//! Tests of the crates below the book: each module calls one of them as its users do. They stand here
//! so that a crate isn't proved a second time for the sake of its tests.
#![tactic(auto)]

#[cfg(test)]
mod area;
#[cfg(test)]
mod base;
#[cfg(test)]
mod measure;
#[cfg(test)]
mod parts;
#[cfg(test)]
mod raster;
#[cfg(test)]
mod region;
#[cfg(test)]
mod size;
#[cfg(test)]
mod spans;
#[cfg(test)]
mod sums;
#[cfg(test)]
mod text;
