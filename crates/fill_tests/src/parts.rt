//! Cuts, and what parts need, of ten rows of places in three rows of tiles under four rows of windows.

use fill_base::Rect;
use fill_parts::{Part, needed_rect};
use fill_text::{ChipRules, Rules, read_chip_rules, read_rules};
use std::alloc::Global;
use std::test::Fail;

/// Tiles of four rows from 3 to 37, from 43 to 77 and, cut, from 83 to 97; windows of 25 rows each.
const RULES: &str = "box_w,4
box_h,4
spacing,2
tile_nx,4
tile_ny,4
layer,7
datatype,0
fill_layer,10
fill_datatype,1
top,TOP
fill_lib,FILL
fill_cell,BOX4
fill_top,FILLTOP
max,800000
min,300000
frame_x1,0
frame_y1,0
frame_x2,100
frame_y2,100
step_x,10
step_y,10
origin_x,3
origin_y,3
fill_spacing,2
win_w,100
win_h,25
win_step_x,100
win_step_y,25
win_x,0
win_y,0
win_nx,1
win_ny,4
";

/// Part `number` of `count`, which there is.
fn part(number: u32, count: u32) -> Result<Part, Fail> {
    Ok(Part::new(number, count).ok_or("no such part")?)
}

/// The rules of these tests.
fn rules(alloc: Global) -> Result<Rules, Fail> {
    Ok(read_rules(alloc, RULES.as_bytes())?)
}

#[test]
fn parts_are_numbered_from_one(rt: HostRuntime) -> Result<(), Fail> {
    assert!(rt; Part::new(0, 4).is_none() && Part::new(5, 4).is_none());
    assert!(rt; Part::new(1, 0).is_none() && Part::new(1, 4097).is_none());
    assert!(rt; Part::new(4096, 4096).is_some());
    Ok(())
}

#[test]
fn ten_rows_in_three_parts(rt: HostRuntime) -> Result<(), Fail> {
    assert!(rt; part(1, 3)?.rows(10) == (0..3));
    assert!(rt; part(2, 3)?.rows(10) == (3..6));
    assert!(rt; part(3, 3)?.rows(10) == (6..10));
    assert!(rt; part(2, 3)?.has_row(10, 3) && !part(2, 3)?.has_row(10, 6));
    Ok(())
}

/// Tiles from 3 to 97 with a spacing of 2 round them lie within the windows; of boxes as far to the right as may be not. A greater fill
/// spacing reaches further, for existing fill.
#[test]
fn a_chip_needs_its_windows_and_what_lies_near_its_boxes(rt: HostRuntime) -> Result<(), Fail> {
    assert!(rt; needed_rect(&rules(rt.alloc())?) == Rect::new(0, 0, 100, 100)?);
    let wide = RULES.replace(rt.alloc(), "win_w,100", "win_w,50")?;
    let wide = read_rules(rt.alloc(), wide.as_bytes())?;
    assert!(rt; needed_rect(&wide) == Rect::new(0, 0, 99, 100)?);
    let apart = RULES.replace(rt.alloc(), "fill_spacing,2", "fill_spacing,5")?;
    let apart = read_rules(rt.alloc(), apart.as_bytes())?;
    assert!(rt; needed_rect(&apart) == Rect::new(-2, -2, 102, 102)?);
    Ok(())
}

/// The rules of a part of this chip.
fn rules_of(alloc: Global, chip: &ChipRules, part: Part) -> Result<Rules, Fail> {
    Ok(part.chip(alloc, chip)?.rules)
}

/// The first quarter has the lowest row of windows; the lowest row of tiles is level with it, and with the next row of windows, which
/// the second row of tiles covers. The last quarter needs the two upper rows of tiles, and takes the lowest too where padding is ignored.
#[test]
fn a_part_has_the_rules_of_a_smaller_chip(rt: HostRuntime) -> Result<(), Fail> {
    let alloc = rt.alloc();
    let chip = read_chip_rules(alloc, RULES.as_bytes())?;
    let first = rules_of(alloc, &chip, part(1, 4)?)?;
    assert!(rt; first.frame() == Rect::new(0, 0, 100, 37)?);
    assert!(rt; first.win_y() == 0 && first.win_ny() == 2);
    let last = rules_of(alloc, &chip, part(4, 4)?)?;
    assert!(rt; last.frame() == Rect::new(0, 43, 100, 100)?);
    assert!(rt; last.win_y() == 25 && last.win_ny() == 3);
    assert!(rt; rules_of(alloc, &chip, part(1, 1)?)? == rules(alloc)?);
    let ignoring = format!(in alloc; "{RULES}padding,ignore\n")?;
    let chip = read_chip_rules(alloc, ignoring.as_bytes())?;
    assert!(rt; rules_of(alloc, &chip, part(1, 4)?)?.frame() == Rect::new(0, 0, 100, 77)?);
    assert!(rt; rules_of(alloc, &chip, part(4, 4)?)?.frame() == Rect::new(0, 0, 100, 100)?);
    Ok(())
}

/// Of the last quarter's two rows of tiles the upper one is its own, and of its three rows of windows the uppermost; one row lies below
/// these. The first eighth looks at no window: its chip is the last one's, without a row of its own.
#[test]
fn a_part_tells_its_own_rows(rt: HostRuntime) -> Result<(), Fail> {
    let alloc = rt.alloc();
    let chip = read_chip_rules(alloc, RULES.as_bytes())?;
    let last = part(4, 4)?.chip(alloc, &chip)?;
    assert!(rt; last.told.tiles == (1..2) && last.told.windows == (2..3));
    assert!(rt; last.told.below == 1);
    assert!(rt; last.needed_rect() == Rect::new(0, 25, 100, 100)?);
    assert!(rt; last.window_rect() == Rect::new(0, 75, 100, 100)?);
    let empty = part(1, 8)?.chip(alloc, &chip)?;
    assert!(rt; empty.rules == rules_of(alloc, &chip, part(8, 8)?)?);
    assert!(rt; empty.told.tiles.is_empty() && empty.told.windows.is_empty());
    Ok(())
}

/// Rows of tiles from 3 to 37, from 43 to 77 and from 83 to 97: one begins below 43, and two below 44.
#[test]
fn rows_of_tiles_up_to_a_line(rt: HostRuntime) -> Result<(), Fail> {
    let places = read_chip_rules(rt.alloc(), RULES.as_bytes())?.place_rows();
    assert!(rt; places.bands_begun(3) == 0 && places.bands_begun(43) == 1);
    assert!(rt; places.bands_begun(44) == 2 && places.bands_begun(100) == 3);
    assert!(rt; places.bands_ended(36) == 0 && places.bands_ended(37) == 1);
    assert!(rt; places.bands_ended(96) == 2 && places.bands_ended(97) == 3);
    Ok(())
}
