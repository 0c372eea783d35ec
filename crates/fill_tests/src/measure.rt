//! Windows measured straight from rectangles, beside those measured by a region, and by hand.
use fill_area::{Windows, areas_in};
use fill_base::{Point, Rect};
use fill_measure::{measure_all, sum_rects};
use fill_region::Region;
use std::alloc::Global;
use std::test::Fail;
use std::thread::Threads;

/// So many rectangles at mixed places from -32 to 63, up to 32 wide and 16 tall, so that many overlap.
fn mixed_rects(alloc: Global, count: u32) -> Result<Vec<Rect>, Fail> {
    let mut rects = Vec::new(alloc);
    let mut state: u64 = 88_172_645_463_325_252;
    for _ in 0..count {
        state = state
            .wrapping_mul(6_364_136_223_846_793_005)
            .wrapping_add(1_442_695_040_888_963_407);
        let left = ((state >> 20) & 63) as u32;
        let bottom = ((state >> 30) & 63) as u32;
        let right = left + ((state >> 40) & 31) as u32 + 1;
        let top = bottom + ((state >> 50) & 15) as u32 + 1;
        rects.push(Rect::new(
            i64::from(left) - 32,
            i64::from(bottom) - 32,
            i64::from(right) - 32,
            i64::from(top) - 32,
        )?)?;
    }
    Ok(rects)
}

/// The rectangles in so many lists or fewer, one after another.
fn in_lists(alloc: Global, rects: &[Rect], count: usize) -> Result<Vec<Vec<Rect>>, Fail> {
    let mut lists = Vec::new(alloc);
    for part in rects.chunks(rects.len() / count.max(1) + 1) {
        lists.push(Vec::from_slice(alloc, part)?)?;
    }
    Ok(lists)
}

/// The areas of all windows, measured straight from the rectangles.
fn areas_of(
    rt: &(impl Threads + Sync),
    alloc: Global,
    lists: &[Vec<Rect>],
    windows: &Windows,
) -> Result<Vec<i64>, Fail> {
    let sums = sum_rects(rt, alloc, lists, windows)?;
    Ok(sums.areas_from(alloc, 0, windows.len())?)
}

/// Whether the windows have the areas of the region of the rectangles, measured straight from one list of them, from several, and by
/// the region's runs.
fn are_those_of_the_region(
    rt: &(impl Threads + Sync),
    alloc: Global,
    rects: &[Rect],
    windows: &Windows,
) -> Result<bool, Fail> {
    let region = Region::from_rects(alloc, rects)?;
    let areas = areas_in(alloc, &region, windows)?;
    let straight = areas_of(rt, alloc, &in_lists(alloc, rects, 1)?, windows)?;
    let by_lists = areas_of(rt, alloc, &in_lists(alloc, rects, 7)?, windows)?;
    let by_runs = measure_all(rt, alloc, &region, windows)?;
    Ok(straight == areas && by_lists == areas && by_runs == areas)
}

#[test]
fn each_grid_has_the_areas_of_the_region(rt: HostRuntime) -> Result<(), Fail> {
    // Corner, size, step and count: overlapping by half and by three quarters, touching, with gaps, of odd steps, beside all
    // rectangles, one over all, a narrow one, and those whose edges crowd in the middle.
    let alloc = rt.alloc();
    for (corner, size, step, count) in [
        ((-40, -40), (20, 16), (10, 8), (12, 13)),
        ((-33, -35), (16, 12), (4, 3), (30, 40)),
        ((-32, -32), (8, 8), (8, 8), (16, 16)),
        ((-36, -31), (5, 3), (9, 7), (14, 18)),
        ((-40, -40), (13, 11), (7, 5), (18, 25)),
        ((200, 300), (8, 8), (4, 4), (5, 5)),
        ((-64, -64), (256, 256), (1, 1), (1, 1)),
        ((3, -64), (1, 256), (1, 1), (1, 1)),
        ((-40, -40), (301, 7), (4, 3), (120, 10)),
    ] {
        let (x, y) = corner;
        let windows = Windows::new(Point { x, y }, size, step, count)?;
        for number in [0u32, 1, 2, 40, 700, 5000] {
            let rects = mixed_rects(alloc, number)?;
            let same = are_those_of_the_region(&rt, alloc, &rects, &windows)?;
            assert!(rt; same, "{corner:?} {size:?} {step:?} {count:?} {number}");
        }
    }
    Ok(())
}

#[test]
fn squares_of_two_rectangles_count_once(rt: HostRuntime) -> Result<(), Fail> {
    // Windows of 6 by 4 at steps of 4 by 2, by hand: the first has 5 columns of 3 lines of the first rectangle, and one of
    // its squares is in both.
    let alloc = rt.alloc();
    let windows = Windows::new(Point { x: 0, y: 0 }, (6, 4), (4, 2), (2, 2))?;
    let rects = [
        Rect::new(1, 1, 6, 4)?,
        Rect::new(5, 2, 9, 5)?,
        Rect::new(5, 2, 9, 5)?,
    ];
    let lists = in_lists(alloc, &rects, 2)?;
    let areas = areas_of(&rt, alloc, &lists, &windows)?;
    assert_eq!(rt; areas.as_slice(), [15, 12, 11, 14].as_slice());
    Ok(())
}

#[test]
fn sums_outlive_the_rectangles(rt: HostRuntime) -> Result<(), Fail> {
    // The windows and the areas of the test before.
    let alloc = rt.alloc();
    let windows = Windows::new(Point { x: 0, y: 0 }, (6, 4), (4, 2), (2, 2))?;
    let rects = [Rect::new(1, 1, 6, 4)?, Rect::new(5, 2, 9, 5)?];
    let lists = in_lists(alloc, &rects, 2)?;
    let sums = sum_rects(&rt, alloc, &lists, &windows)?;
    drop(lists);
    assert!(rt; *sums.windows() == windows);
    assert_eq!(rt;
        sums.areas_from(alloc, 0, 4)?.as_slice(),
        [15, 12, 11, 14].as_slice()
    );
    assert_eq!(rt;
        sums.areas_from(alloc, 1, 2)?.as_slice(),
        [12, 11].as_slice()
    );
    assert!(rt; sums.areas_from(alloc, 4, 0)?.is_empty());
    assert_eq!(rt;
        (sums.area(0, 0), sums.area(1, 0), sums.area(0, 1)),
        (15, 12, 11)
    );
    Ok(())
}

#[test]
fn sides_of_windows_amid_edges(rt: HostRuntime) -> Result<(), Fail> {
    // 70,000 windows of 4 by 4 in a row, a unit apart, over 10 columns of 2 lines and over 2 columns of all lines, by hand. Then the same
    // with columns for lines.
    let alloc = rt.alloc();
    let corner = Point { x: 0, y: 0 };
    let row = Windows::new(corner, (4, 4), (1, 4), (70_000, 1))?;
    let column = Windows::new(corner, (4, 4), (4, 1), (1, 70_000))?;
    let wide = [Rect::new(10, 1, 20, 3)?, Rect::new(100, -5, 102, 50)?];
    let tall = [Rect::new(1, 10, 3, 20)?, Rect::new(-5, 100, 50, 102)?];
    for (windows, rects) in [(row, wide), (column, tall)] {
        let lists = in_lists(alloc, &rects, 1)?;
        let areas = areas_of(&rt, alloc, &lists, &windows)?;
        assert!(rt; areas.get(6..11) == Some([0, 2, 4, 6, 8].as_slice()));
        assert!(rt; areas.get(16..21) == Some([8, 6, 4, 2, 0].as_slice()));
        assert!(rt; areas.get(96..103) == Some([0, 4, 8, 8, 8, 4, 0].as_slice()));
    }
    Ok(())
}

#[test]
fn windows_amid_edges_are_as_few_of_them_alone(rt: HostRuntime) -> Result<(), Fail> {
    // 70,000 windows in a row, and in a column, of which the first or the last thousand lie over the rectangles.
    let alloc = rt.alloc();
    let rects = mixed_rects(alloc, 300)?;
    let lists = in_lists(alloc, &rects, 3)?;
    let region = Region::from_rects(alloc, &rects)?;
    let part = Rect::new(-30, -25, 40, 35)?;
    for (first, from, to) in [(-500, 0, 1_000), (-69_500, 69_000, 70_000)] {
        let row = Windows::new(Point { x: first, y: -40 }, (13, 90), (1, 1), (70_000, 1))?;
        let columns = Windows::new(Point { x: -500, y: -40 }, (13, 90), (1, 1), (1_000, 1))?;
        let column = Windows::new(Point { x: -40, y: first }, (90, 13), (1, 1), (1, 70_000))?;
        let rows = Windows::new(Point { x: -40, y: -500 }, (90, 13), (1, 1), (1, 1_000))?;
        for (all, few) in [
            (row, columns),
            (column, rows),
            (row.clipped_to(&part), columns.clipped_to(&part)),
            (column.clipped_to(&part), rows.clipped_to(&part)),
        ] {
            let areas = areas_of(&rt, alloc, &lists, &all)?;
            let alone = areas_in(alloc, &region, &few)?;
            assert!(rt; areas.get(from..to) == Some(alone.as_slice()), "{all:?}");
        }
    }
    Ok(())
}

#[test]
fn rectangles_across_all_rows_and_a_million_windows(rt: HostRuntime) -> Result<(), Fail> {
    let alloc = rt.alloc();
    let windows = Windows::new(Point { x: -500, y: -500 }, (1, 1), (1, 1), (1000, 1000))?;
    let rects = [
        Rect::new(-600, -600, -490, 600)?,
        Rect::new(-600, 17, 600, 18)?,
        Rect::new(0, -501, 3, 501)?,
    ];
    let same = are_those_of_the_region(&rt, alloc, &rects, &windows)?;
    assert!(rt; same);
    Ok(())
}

══════════

→ DIRECTIONS FOR THIS TASK
Lines containing "places" in the records above: how many are there? Give only the number.

→ REPLY TO THE TASK
7